I just watched my teenage son back out of the driveway with a big smile, a wave, and an “I love you, Mom!” He’s driving to Utah…alone…to meet a friend. Together, they will tramp around the country for two weeks–Sight-seeing, camping, snacks, and young man independence.
Shortly after he was born–holding my fresh, newborn in my still shaking arms–my mother-in-law smiled at me and said, “…and now you can begin to let go.” I didn’t know then the truth of her words. Parenting is about the millions of little ways that we let go of our children every day. The millions of little cuts and heartbreaks as they toddle off into the big, wide world.
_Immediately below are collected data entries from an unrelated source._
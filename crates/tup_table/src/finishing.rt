//! How a store is compacted.
ghost use Rattle.std.specs.Prelude.{◌≡◌, ◌+◌, ◌≤◌, List, length, take, drop, IsTrue, IfOk, OnOk};
ghost use Rattle.byteorder.specs.Endian.{big_bytes, big_number};
ghost use Rattle.tup_site.specs.Crash.{GoesOn, CutStep, PinsStore};
ghost use Rattle.tup_site.specs.World.{TreeStays};
ghost use Rattle.tup_table.specs.Cause.{CountsFaults, OnlyOutside};
ghost use Rattle.tup_table.specs.Compact.{compact_area as area_of, compacted, live_size};
ghost use Rattle.tup_table.specs.Entries.{Standing, entries_of};
ghost use Rattle.tup_table.specs.Images.{CompactStep, FinishStep, compacted_store};
ghost use Rattle.tup_table.specs.Store.{most_live};
ghost use Rattle.tup_table.specs.Table.{Rests, Switches, HoldsBoth};
ghost use Rattle.tup_table.specs.declared.change.Change.{Change};

use crate::fault::TableFault;
use crate::reading::LOW;
use crate::writing::write_through;
use byteorder::{BigEndian, ByteOrder};
use std::alloc::Global;
use tup_site::Site;

/// The offset of the switch.
const SWITCH: u64 = 8;

/// The offset of the start.
const START: u64 = 9;

/// Compacts a store whose switch is closed, to this low area.
pub(crate) fn write_compact<S: Site>(
    alloc: Global,
    site: &mut S,
    area: &[u8],
) -> Result<(), TableFault>
    requires inside { IsTrue S.tells → 17 ≤ length (S.world site.old).store }
    ensures rests { IsTrue S.tells → (commits : List (List Change))
        → Rests S.world S.moment S.left_since commits site.old
        → area.now ≡ area_of (entries_of commits) → live_size (entries_of commits) ≤ most_live
        → OnOk result (Rests S.world S.moment S.left_since (compacted (entries_of commits)) site.new) }
    ensures store { IsTrue S.tells → (commits : List (List Change))
        → Rests S.world S.moment S.left_since commits site.old
        → area.now ≡ area_of (entries_of commits) → live_size (entries_of commits) ≤ most_live
        → OnOk result ((S.world site.new).store
        ≡ compacted_store (big_bytes 8 (length (S.world site.old).store)) (entries_of commits)) }
    ensures tree { IsTrue S.tells → TreeStays (S.world site.old) (S.world site.new) }
    ensures crash { IsTrue S.tells → (commits : List (List Change))
        → Rests S.world S.moment S.left_since commits site.old
        → area.now ≡ area_of (entries_of commits) → live_size (entries_of commits) ≤ most_live
        → GoesOn S.moment S.left_since site.old site.new (CompactStep (entries_of commits)) }
    ensures known { IsTrue S.tells → S.known site.new ≡ S.known site.old }
    ensures outside { OnlyOutside result }
    ensures cause { CountsFaults (S.faults site.old) (S.faults site.new) result }
{
    write_high(alloc, site, area)?;
    write_through(alloc, site, SWITCH, &[1])?;
    finish(alloc, site, area)
}

/// Writes the high area at the end of the store, and its start, durably.
fn write_high<S: Site>(alloc: Global, site: &mut S, area: &[u8]) -> Result<(), TableFault>
    requires inside { IsTrue S.tells → 17 ≤ length (S.world site.old).store }
    ensures both { IsTrue S.tells → (commits : List (List Change))
        → Rests S.world S.moment S.left_since commits site.old
        → OnOk result (HoldsBoth S.world S.moment S.left_since commits
        (big_bytes 8 (length (S.world site.old).store)) area.now site.new) }
    ensures long { IsTrue S.tells → OnOk result (17 ≤ length (S.world site.new).store) }
    ensures tree { IsTrue S.tells → TreeStays (S.world site.old) (S.world site.new) }
    ensures crash { IsTrue S.tells → (commits : List (List Change))
        → Rests S.world S.moment S.left_since commits site.old
        → GoesOn S.moment S.left_since site.old site.new (CompactStep (entries_of commits)) }
    ensures known { IsTrue S.tells → S.known site.new ≡ S.known site.old }
    ensures outside { OnlyOutside result }
    ensures cause { CountsFaults (S.faults site.old) (S.faults site.new) result }
{
    let start = site.db_len(alloc)?;
    site.db_write(alloc, start, area)?;
    let eight = place_bytes(start);
    write_through(alloc, site, START, &eight)
}

/// The bytes of a place in the store, which are read as it.
fn place_bytes(place: u64) -> [u8; 8]
    ensures bytes { result ≡ big_bytes 8 place }
    ensures says { big_number 8 result ≡ place }
{
    let mut eight = [0; 8];
    BigEndian::write_u64(&mut eight, place);
    eight
}

/// Finishes to compact a store whose switch is open, to this low area: writes it, closes the switch, and cuts the store
/// behind it, each durably.
pub(crate) fn finish<S: Site>(alloc: Global, site: &mut S, area: &[u8]) -> Result<(), TableFault>
    requires inside { IsTrue S.tells → 17 ≤ length (S.world site.old).store }
    ensures store { IsTrue S.tells → (commits : List (List Change))
        → Switches S.world S.moment S.left_since commits area.now site.old
        → OnOk result ((S.world site.new).store
        ≡ compacted_store (take 8 (drop 9 (S.world site.old).store)) (entries_of commits)) }
    ensures rests { IsTrue S.tells → (commits : List (List Change))
        → Switches S.world S.moment S.left_since commits area.now site.old
        → OnOk result (Rests S.world S.moment S.left_since (compacted (entries_of commits)) site.new) }
    ensures tree { IsTrue S.tells → TreeStays (S.world site.old) (S.world site.new) }
    ensures crash { IsTrue S.tells → (commits : List (List Change))
        → Switches S.world S.moment S.left_since commits area.now site.old
        → GoesOn S.moment S.left_since site.old site.new
        (FinishStep (S.world site.old).store) }
    ensures known { IsTrue S.tells → S.known site.new ≡ S.known site.old }
    ensures outside { OnlyOutside result }
    ensures cause { CountsFaults (S.faults site.old) (S.faults site.new) result }
{
    write_through(alloc, site, LOW, area)?;
    write_through(alloc, site, SWITCH, &[0])?;
    cut_through(alloc, site, LOW + area.len() as u64)
}

/// Cuts the store to a length, durably.
fn cut_through<S: Site>(alloc: Global, site: &mut S, len: u64) -> Result<(), TableFault>
    ensures cut { IsTrue S.tells
        → OnOk result ((S.world site.new).store ≡ take len (S.world site.old).store) }
    ensures durable { IsTrue S.tells
        → OnOk result (PinsStore (S.left_since site.new (S.moment site.new)) (S.world site.new)) }
    ensures tree { IsTrue S.tells → TreeStays (S.world site.old) (S.world site.new) }
    ensures crash { IsTrue S.tells
        → GoesOn S.moment S.left_since site.old site.new (CutStep len) }
    ensures known { IsTrue S.tells → S.known site.new ≡ S.known site.old }
    ensures outside { OnlyOutside result }
    ensures cause { CountsFaults (S.faults site.old) (S.faults site.new) result }
{
    site.db_cut(alloc, len)?;
    Ok(site.db_sync(alloc)?)
}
My son has always been an independent free spirit. He takes after his mom. So, when he said he wanted to go travel around with a friend, I agreed. I did the same thing when I was about his age. And I remember at that time my Dad sent me with his blessing and a brand new suitcase for the road. I’m sure his heart was hurting and he was worried every-single-day that I was gone. But he never showed it. He welcomed me home and spent time sitting with me to look through the thousands of pictures that I had taken with my 35mm.
Some have asked me if I consider the consequences of letting go. Of course I do. What happens if he is hurt? What happens if he runs into danger? What happens if their car would break down?
Oh, but what happens if we hold too tightly? What happens if we refuse to let them fly? All good questions. All I know is what I saw on my son’s face when his car backed out of the driveway this evening. A smile to fill this mother’s heart for a lifetime. And for me, that’s worth the letting go.